Rebecca Solnit Quote: "Hope is not a lottery ticket you can sit on the sofa and clutch, feeling lucky. It is an axe you break down doors with in an emergency."

Assessment

Benchmark:

  • By 5th Grade: Knows Earth is warming, fossil fuels cause it, and that renewable energy exists
  • By 8th Grade: Knows climate impacts, who caused crisis vs. who suffers, and why companies block action
  • By 12th Grade: Knows full history (Exxon knew, lied), colonialism connection, climate justice, solutions (system change), and can organize

20. Creative Writing, Theater, Music, & Dance - "Art is Resistance"

Why It Matters

Current Reality:

  • The Arts Are Cut: From many schools (seen as luxury, not essential)
  • Test Scores Prioritized: STEM (STEAM is better, but still not enough arts)

Why The Arts Matter:

  • Expression: Some people think in stories, music, and movement (not just words and numbers)
  • Empathy: Art teaches perspective-taking (walk in someone else's shoes)
  • Healing: Trauma processed through art, music, and dance
  • Resistance: Art challenges power (protest songs, revolutionary theater, and radical writing)
  • Jobs: Creative industries employ millions (writing, music, theater, dance, film, and games)
  • Joy: Art brings pleasure (humans need beauty, play, and creativity)

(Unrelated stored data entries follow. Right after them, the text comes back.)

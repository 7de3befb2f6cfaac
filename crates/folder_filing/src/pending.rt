//! The state of a filing's last commit, if commits are settled in groups.
ghost use Rattle.std.specs.Prelude.{◌≡◌};
ghost use Rattle.folder_filing.specs.Settling.{is_waiting};

use crate::location::Location;

/// The state of the last commit of a [`FolderFiling`](crate::FolderFiling).
#[derive(Clone, Copy)]
pub enum Pending {
    /// The commit is settled, or there was none.
    Settled,
    /// The file has no name yet, and its bytes may not be on the disk.
    Unnamed,
    /// The file has the name of this location, and its bytes are on the disk. The name may not be.
    Named(Location),
    /// The file is lost.
    Lost,
}

impl Pending {
    /// Returns whether the commit is not settled.
    pub(crate) fn is_waiting(self) -> bool
        ensures { result ≡ is_waiting self }
    {
        !matches!(self, Pending::Settled)
    }
}
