//! The transfer syntaxes of a proposed presentation context.
ghost use Rattle.std.specs.Prelude.{◌≡◌};
ghost use Rattle.std.specs.Iterator.{YieldsFirstRef, item_count};
ghost use Rattle.pdu.specs.Items.{items_of, syntaxes};

use crate::item::Items;
use crate::item_type;
use element::unpadded;

/// An iterator over the transfer syntaxes of a proposed presentation context, in order, without
/// trailing zero bytes and spaces.
#[derive(Clone, Copy)]
pub struct TransferSyntaxes<'a> {
    items: Items<'a>,
}

impl<'a> TransferSyntaxes<'a> {
    ghost use Rattle.pdu.specs.Remaining.{syntaxes_remaining};

    /// Returns an iterator over the transfer syntaxes among the sub-items in these bytes.
    pub(crate) fn of(text: &'a [u8]) -> TransferSyntaxes<'a>
        ensures { syntaxes_remaining result ≡ syntaxes (items_of text.now) }
    {
        TransferSyntaxes {
            items: Items::of(text),
        }
    }
}

impl<'a> Iterator for TransferSyntaxes<'a> {
    type Item = &'a [u8];

    ghost use Rattle.pdu.specs.Remaining.{syntaxes_remaining};

    ghost next_gives = { YieldsFirstRef syntaxes_remaining };

    ghost remaining = { item_count syntaxes_remaining };

    fn next(&mut self) -> Option<&'a [u8]> {
        while let Some(item) = self.items.next() {
            if item.kind() == item_type::TRANSFER_SYNTAX {
                return Some(unpadded(item.content()));
            }
        }
        None
    }
}
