use crate::call::Call;
use crate::drafts::DraftPath;
use crate::entered_file::EnteredFile;
use crate::folder_identity::FolderIdentity;
use crate::location::{Layout, Location};
use crate::names_synced::NamesSynced;
use crate::naming::{Obstacle, Target, check_free, is_without_links, obstacle_of};
use crate::numbers::NumbersFile;
use crate::open_folder::OpenFolder;
use element::history::History;
use element::traced::Traced;
use std::alloc::{AllocError, Allocator};
use std::fs::{File, OpenFile};
use std::io::{Error, ErrorKind, Write};
use std::marker::Model;
use std::rt::Files;
use std::{fs, io};

/// The list of system calls so far, the newest first. It is a ghost value: contracts can name it,
/// the program cannot read it, except which file was created last.
#[derive(Drop)]
pub struct FolderCalls {
    /// The calls, the oldest first.
    history: History<Call>,
    /// The file that was created last.
    file: Option<FolderIdentity>,
}

impl Model for FolderCalls {
    ghost use Rattle.std.specs.Prelude.{◌≡◌, List, reverse};
    ghost use Rattle.folder_filing.specs.Naming.{created_file};
    ghost use Rattle.folder_filing.specs.declared.call.Call.{Call as SeenCall};

    ghost Value = { List SeenCall };

    ghost view = { λ c. reverse c.history };

    ghost invariant = { λ c. c.file ≡ created_file (reverse c.history) };
}

/// Removes a file; does nothing if there is none.
pub(crate) fn remove_remaining<R: Files>(rt: &R, path: &str) -> io::Result<()> {
    match fs::remove_file(rt, path) {
        Err(error) if error.kind() == ErrorKind::NotFound => Ok(()),
        result => result,
    }
}
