//! Divides a stream of PDUs, received in chunks of any size, into events.
ghost use Rattle.std.specs.Prelude.{◌≡◌, ◌≤◌, ◌<◌, ◌-◌, ◌+◌, ◌*◌, ◌++◌, ◌⊎◌, [], ℕ, List, length, take, Option, None, Some, IfSome};
ghost use Rattle.pdu.specs.Deframing.{bytes_held};
ghost use Rattle.pdu.specs.machine.Positions.{remaining_least, remaining_of, fragment_due};

mod fields;

use crate::event::Event;
use crate::pdu_type::P_DATA_TF;
use crate::position::{Position, find};
use arrayvec::ArrayVec;

/// Divides a stream of PDUs into events (PS3.8 section 9.3). It allocates nothing: bytes of bodies
/// and fragments are returned as slices of the received chunks, and only an unfinished head, at
/// most five bytes, is held.
#[derive(Drop)]
pub struct Deframer {
    position: Position,
    ghost short: { bytes_held position < 6 },
    ghost some: { 0 < remaining_least position },
    ghost within: { fragment_due position ≤ remaining_of position },
}

impl Deframer {
    ghost use Rattle.pdu.specs.Marks.{Mark};
    ghost use Rattle.pdu.specs.Frames.{IsRest};
    ghost use Rattle.pdu.specs.Deframing.{Consumed, Longest, Skipped, Skip, unfinished_heads};
    ghost use Rattle.pdu.specs.Deframed.{IsAt, Skips, position_of};
    ghost use Rattle.pdu.specs.Steps.{Steps, body_kind, bytes_due, events_due, skip_of};

    /// Creates a deframer at the start of a stream.
    pub fn new() -> Self
        ensures { IsAt result [] [] }
    {
        Deframer {
            position: Position::Head(ArrayVec::new()),
        }
    }

    /// Reads the first bytes of `piece`. Returns their number and the next event, or `None` if all
    /// of `piece` is read and completes nothing. Some events read no byte, so call this until it
    /// returns `None`.
    pub fn next<'p>(&mut self, piece: &'p [u8]) -> (usize, Option<Event<'p>>)
        ensures within { result.0 ≤ length piece.now }
        ensures used_up { result.1 ≡ None → result.0 ≡ length piece.now }
        ensures consumes { (r : List ℕ) (due : List Mark) → IsAt self.old r due → Consumed (position_of self.new) r due (take result.0 piece.now) result.1 }
        ensures longest { (r : List ℕ) → IsAt self.old r [] → Longest r (length piece.now) result.0 }
        ensures skipped { (r : List ℕ) → Skips self.old r → Skipped (position_of self.new) r (take result.0 piece.now) result.1 }
        ensures steps { Steps (position_of self.old) result.0 (take result.0 piece.now) result.1 (position_of self.new) }
        ensures fewer { IfSome result.1 (λ e. events_due (position_of self.new) < events_due (position_of self.old) + 4 * result.0) }
    {
        match find(&mut self.position, piece) {
            (count, Some((position, event))) => {
                self.position = position;
                (count, Some(event))
            }
            (count, None) => (count, None),
        }
    }

    /// Skips the rest of the PDU whose head was the last `PduHead` event: `PduEnd` is the next
    /// event. Does nothing between PDUs.
    pub fn skip_frame(&mut self)
        ensures skip { (r : List ℕ) (due : List Mark) → IsAt self.old r due → Skip (position_of self.new) r due }
        ensures skips { (r : List ℕ) → Skips self.old r → Skips self.new r }
        ensures fewer { events_due (position_of self.new) ≤ events_due (position_of self.old) }
        ensures moves { position_of self.new ≡ skip_of (position_of self.old) }
    {
        // One arm for each position, as the proof treats each by itself.
        let (kind, remaining) = match &self.position {
            Position::Head(_) => return,
            Position::Body { kind, remaining } => (*kind, *remaining),
            Position::PdvHead { remaining, .. } => (P_DATA_TF, *remaining),
            Position::Fragment { remaining, .. } => (P_DATA_TF, *remaining),
            Position::Leftover { remaining } => (P_DATA_TF, *remaining),
            Position::Skipped { kind, remaining } => (*kind, *remaining),
        };
        self.position = Position::Skipped { kind, remaining };
    }

    /// Returns the type of the PDU whose body is being reported as `Event::Body`, or 0 outside such
    /// a body.
    pub fn kind(&self) -> u8
        ensures { result ≡ body_kind (position_of self.now) }
    {
        if let Position::Body { kind, .. } = &self.position {
            *kind
        } else {
            0
        }
    }

    /// Returns the number of bytes missing from the unfinished part of the stream: a head, a body,
    /// a fragment, or a skipped PDU. It is 0 if `next` returns an event before it reads a byte.
    pub fn due(&self) -> usize
        ensures { result ≡ bytes_due (position_of self.now) }
    {
        match &self.position {
            Position::Head(bytes) => 6 - bytes.len(),
            Position::Body { remaining, .. } => *remaining as usize,
            Position::PdvHead { remaining, bytes } => (*remaining as usize).min(6 - bytes.len()),
            Position::Fragment { more, .. } => *more as usize,
            Position::Leftover { .. } => 0,
            Position::Skipped { remaining, .. } => *remaining as usize,
        }
    }

    /// Returns the number of received bytes that are held: those of an unfinished head, at most
    /// five.
    pub fn held(&self) -> usize
        ensures held { (r : List ℕ) (due : List Mark) → IsAt self.now r due → result ≡ unfinished_heads r }
        ensures skipping { (r : List ℕ) → Skips self.now r → result ≡ 0 }
        ensures few { result < 6 }
        ensures bytes { result ≡ bytes_held (position_of self.now) }
    {
        match &self.position {
            Position::Head(bytes) => bytes.len(),
            Position::PdvHead { bytes, .. } => bytes.len(),
            _ => 0,
        }
    }
}
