//! Open files and listings of the disk.

use crate::power::disk::Shared;
use crate::power::folder::Node;
use crate::power::trouble::Act;
use folder_filing::StoredFile;
use std::fs::{Metadata, OpenFile, TryLockError};
use std::io;
use std::io::{Error, ErrorKind, Read, Seek, SeekFrom, Write};

/// An open file or folder. Bytes are written to the end of the file.
#[derive(Drop)]
pub(crate) struct Handle {
    pub(crate) disk: Shared,
    pub(crate) node: Node,
}

fn unsupported() -> Error {
    Error::from(ErrorKind::Unsupported)
}

impl Read for Handle {
    fn read(&mut self, _buf: &mut [u8]) -> io::Result<usize> {
        Err(unsupported())
    }
}

impl Write for Handle {
    fn write(&mut self, buf: &[u8]) -> io::Result<usize> {
        let written = self.disk.try_borrow_mut()?.write(self.node, buf)?;
        Ok(written.min(buf.len()))
    }

    fn flush(&mut self) -> io::Result<()> {
        Ok(())
    }
}

impl Seek for Handle {
    fn seek(&mut self, _to: SeekFrom) -> io::Result<u64> {
        Err(unsupported())
    }
}

impl OpenFile for Handle {
    fn metadata(&self) -> io::Result<Metadata> {
        self.disk.try_borrow_mut()?.metadata_of_open(self.node)
    }

    fn set_len(&self, _size: u64) -> io::Result<()> {
        Err(unsupported())
    }

    fn sync_all(&self) -> io::Result<()> {
        self.disk.try_borrow_mut()?.sync(self.node)
    }

    fn sync_data(&self) -> io::Result<()> {
        Err(unsupported())
    }
}

impl StoredFile for Handle {
    /// Locks nothing: each disk has one writer at a time.
    fn try_lock(&self) -> Result<(), TryLockError> {
        let called = match self.disk.try_borrow_mut() {
            Ok(disk) => {
                let mut disk = disk;
                disk.call(Act::Lock)
            }
            Err(error) => Err(Error::from(error)),
        };
        called.map_err(TryLockError::Error)
    }
}

/// The names of a folder when it was opened, in reverse order. Each read yields one.
#[derive(Drop)]
pub(crate) struct Listing {
    pub(crate) disk: Shared,
    pub(crate) names: Vec<[u8; 8]>,
}

/// Writes a name and a zero byte to `room`. Returns the number of bytes.
fn put_name(name: [u8; 8], room: &mut [u8]) -> usize {
    let mut count = 0usize;
    for (to, from) in room.iter_mut().zip(name.iter().chain(&[0])) {
        *to = *from;
        count = count.saturating_add(1);
        if *from == 0 {
            break;
        }
    }
    count
}

impl Read for Listing {
    fn read(&mut self, buf: &mut [u8]) -> io::Result<usize> {
        self.disk.try_borrow_mut()?.call(Act::List)?;
        let Some(name) = self.names.pop() else {
            return Ok(0);
        };
        let count = put_name(name, buf);
        Ok(count.min(buf.len()))
    }
}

Goal: Every student learns:

  • Creative Writing (poetry, fiction, nonfiction, and playwriting)
  • Music (performance, composition, history, and diverse genres)
  • Theater (acting, directing, stagecraft, and playwriting)
  • Dance (movement, choreography, and diverse traditions)
  • All Intersect: With social justice (art as a tool for change)
Creative Writing
Elementary (K-5th Grade)

K-2nd Grade:

  • Storytelling: Oral stories (before writing)
  • Imagination: "What if...?" prompts
  • Picture Books: Students write and illustrate
  • Poetry: Simple (acrostic, cinquain, and haiku)

3-5th Grade:

  • Short Stories: Beginning, middle, and end
  • Characters: Develop (appearance, personality, goals)
  • Setting: Where/when story takes place
  • Dialogue: Characters talking (use quotation marks)
  • Revision: First draft is not final (editing is part of writing)
Middle School (6th - 8th)

6th Grade:

  • Genres: Fiction (realistic, fantasy, sci-fi, mystery, and historical), nonfiction (memoir, essay, and journalism), and poetry
  • Point of View: First person (I), third person (he/she), second person (you - rare)
  • Show, Don't Tell: "She was angry" (tell) vs. "She slammed the door" (show)

7th Grade:

  • Plot Structure: Exposition, rising action, climax, falling action, and resolution
  • Conflict: Character vs. character, self, society, and nature
  • Theme: What's story about (beyond plot - love, justice, identity, and power)

8th:

  • Voice: Author's unique style (word choice, sentence structure, and tone)
  • Symbolism: Objects/actions represent larger ideas
  • Peer Workshop: Read each other's work and give feedback (kind, specific, and helpful)
High School (9th - 12th Grade)

9th-10th Grade:

  • Literary Analysis Writing: Analyze texts (themes, symbolism, and author's choices)
  • Personal Narrative: Memoir and essay
  • Argumentative Writing: Persuasion (claim, evidence, and reasoning)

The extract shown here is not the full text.